To me, combat isn't slow because there are too many monster hit points and too many rounds. Combat is slow because players aren't ready when their turn comes up, they don't know what they want to do, they want to talk out options with other players, and they don't just decide right away and roll the dice right away. Players tend to make combat slow, not necessarily the game mechanics.

Yeah, I hear you. The thing is, I play with different people who play different systems, some of whom are quick to pick up new systems and some not that much; I also play with a few new players (some of which are quick, some not that much). And in the end, we've discussed these issues but they still crop up. So I have the choice of (a) brining this up all the time, but I don't feel like doing it because people are having fun nonetheless and butt-kicking for people to act quicker is not fun; or (b) choose playgroups that have only quick players in them, but we have fun with our slow(er) friends too, again this is not a solution I contemplate.
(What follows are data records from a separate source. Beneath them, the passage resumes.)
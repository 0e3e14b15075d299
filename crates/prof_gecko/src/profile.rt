//! The profile that a Gecko profile stands for.
ghost use Rattle.std.specs.Prelude.{◌≡◌, ◌<◌, ◌≤◌, ◌^◌, ◌∷◌, ◌++◌, length, IfOk, OnOk, All, map, vec_len};
ghost use Rattle.prof_tables.specs.Builds.{Builds};
ghost use Rattle.prof_raw.specs.Checks.{Passes};
ghost use Rattle.prof_gecko.specs.Gathered.{process, joined, fault_entries};
ghost use Rattle.prof_gecko.specs.Work.{work_entries, work_broken, entries_left};
ghost use Rattle.prof_gecko.specs.Processes.{HasRanges, root_start, entries_broken, entries_threads, profile_broken, profile_of};

use crate::gathered::{GeckoProcess, GeckoProfile};
use crate::process::{OneProcess, add_process};
use crate::thread::Common;
use crate::work::Work;
use prof_io::NoMemory;
use prof_raw::{Broken, Column, ListFault, Place, Table, pass};
use prof_tables::{BuildRefusal, Profile, Thread};
use std::alloc::Global;
use std::rc::Rc;

/// The process that comes next, or the fault of a list of processes at its place.
fn process_of(next: Work) -> Result<GeckoProcess, Broken>
    ensures broken { Passes result (work_broken next) }
    ensures entries { IfOk result (λ p. p ≡ work_entries next) }
{
    match next {
        Work::Process(process) => Ok(process),
        Work::Fault(fault) => Err(Broken {
            rule: fault.rule,
            thread: None,
            table: Table::Processes,
            column: Column::List,
            row: fault.row,
        }),
    }
}

/// Puts the fault of a list of processes on top of what is left to check.
fn add_fault(work: &mut Vec<Work>, fault: Option<ListFault>) -> Result<(), NoMemory>
    ensures { OnOk result
        (entries_left work.new.items ≡ fault_entries fault ++ entries_left work.old.items) }
{
    match fault {
        Some(fault) => Ok(work.push(Work::Fault(fault))?),
        None => Ok(()),
    }
}

/// Puts processes on top of what is left to check, the first of them topmost.
fn add_children(work: &mut Vec<Work>, mut children: Vec<GeckoProcess>) -> Result<(), NoMemory>
    ensures { OnOk result
        (entries_left work.new.items ≡ joined children.items ++ entries_left work.old.items) }
{
    while let Some(child) = children.pop() {
        work.push(Work::Process(child))?;
    }
    Ok(())
}

/// Takes a process apart: what stands below it goes on top of what is left to check.
fn take_apart(work: &mut Vec<Work>, p: GeckoProcess) -> Result<OneProcess, NoMemory>
    ensures { IfOk result (λ one.
        process one ∷ entries_left work.new.items ≡ p ++ entries_left work.old.items) }
{
    let GeckoProcess {
        start,
        start_fault,
        libs,
        libs_fault,
        threads,
        threads_fault,
        children,
        children_fault,
    } = p;
    add_fault(work, children_fault)?;
    add_children(work, children)?;
    Ok(OneProcess {
        start,
        start_fault,
        libs,
        libs_fault,
        threads,
        threads_fault,
    })
}

/// The threads of a process and of those below it, or the first rule that they break.
fn threads_of(
    alloc: Global,
    common: Common,
    root: GeckoProcess,
) -> Result<Vec<Rc<Thread>>, BuildRefusal>
    requires default { common.default < common.categories }
    requires ranges { All HasRanges root }
    ensures built { Builds (λ threads. map (λ t. t.value) threads.items) result
        (entries_broken common.categories common.root 0 root)
        (entries_threads common.categories common.default common.root root) }
    ensures few { IfOk result (λ threads. vec_len threads ≤ 1024) }
{
    let mut threads = Vec::new(alloc);
    let mut work = Vec::new(alloc);
    work.push(Work::Process(root))?;
    'walk: while let Some(next) = work.pop() {
        let process = process_of(next)?;
        let one = take_apart(&mut work, process)?;
        add_process(alloc, common, one, &mut threads)?;
    }
    Ok(threads)
}

/// The start of a process.
fn start_of(root: &GeckoProcess) -> i64
    ensures { result ≡ root_start root.now }
{
    root.start
}

/// The profile of a Gecko profile, or the first rule that it breaks.
pub fn convert(alloc: Global, g: GeckoProfile) -> Result<Profile, BuildRefusal>
    requires default { g.default < length g.categories }
    requires few { length g.categories < 2 ^ 32 }
    requires ranges { All HasRanges g.entries }
    ensures { Builds (λ p. p) result (profile_broken g) (profile_of g) }
{
    let GeckoProfile {
        categories,
        default,
        category_fault,
        root,
    } = g;
    let list = Place::at(None, Table::Meta, Column::Categories);
    pass(list, category_fault)?;
    let common = Common {
        categories: categories.len() as u32,
        default,
        root: start_of(&root),
    };
    let threads = threads_of(alloc, common, root)?;
    Ok(Profile {
        threads,
        categories,
        default,
    })
}
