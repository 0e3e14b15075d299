//! A Gecko profile as it is gathered, before any check.

use prof_gecko_names::Lib;
use prof_io::Text;
use prof_raw::{Column, ListFault, RawColumn, Rule, Strings};
use std::marker::Model;
use std::rc::Rc;

/// The first check of a table, its schema and its data that fails.
#[derive(Clone, Copy, PartialEq, Eq, Debug)]
pub struct TableFault {
    pub column: Column,
    pub fault: ListFault,
}

/// A table: its columns in their written order. One that isn't there counts as absent.
#[derive(Drop)]
pub struct GeckoTable {
    pub fault: Option<TableFault>,
    pub columns: Vec<RawColumn>,
}

impl Model for GeckoTable {
    ghost use Rattle.prof_gecko.specs.Gathered.{TableCells};

    ghost Value = { TableCells };

    ghost view = { λ t. record { fault = t.fault; columns = t.columns.items } };
}

/// A thread. `has_markers` says that the table of the markers counts. A marker's texts are its range of `marker_texts`;
/// a row without a range has none.
#[derive(Drop)]
pub struct GeckoThread {
    pub name: Text,
    pub strings: Rc<Strings>,
    pub string_fault: Option<ListFault>,
    pub frame: GeckoTable,
    pub stack: GeckoTable,
    pub samples: GeckoTable,
    pub markers: GeckoTable,
    pub has_markers: bool,
    pub marker_texts: Vec<Text>,
    pub marker_ranges: Vec<(u32, u32)>,
}

impl Model for GeckoThread {
    ghost use Rattle.prof_gecko.specs.Gathered.{GeckoCells};

    ghost Value = { GeckoCells };

    ghost view = { λ t. record {
      name = t.name;
      strings = t.strings.value;
      string_fault = t.string_fault;
      frame = t.frame;
      stack = t.stack;
      samples = t.samples;
      markers = t.markers;
      has_markers = t.has_markers;
      marker_texts = t.marker_texts.items;
      marker_ranges = t.marker_ranges.items;
    } };
}

/// A process with those below it: the entries of its list that aren't null and stand before the list's fault. Contracts see
/// it as its entries, in the order of their checks.
#[derive(Drop)]
pub struct GeckoProcess {
    pub start: i64,
    pub start_fault: Option<Rule>,
    pub libs: Vec<Lib>,
    pub libs_fault: Option<ListFault>,
    pub threads: Vec<GeckoThread>,
    pub threads_fault: Option<ListFault>,
    pub children: Vec<GeckoProcess>,
    pub children_fault: Option<ListFault>,
}

impl Model for GeckoProcess {
    ghost use Rattle.std.specs.Prelude.{List, length};
    ghost use Rattle.std.proofs.Common.{arith};
    ghost use Rattle.prof_gecko.specs.Gathered.{Entry, entries_of};
    ghost use Rattle.prof_gecko.specs.Inside.{most_below};

    ghost Value = { List Entry };

    ghost view = { λ p. entries_of (record {
      start = p.start;
      start_fault = p.start_fault;
      libs = p.libs.items;
      libs_fault = p.libs_fault;
      threads = p.threads.items;
      threads_fault = p.threads_fault;
    }) p.children.items p.children_fault };

    ghost size = { length };

    ghost size_decreases = { λ p h. omega (arith, most_below p.children.items p.children_fault) };
}

/// A profile. The categories serve all threads.
#[derive(Drop)]
pub struct GeckoProfile {
    pub categories: Vec<Text>,
    pub default: u32,
    pub category_fault: Option<ListFault>,
    pub root: GeckoProcess,
}

impl Model for GeckoProfile {
    ghost use Rattle.prof_gecko.specs.Gathered.{ProfileCells};

    ghost Value = { ProfileCells };

    ghost view = { λ g. record {
      categories = g.categories.items;
      default = g.default;
      category_fault = g.category_fault;
      entries = g.root;
    } };
}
Really, I can point fingers at my gaming table to identify who takes longer to play, but in the end, my finger ends up pointing at the rules books as the main antagonist. People are people and I can't expect that'll change anytime soon. It's the game that should adapt to them, not the other way around. The 4E system is great, but too complex (read: to get a diversified group of people to play it and end battles in a reasonable time, for my taste. Not too complex in an absolute, is-it-understandable-at-all kind of way).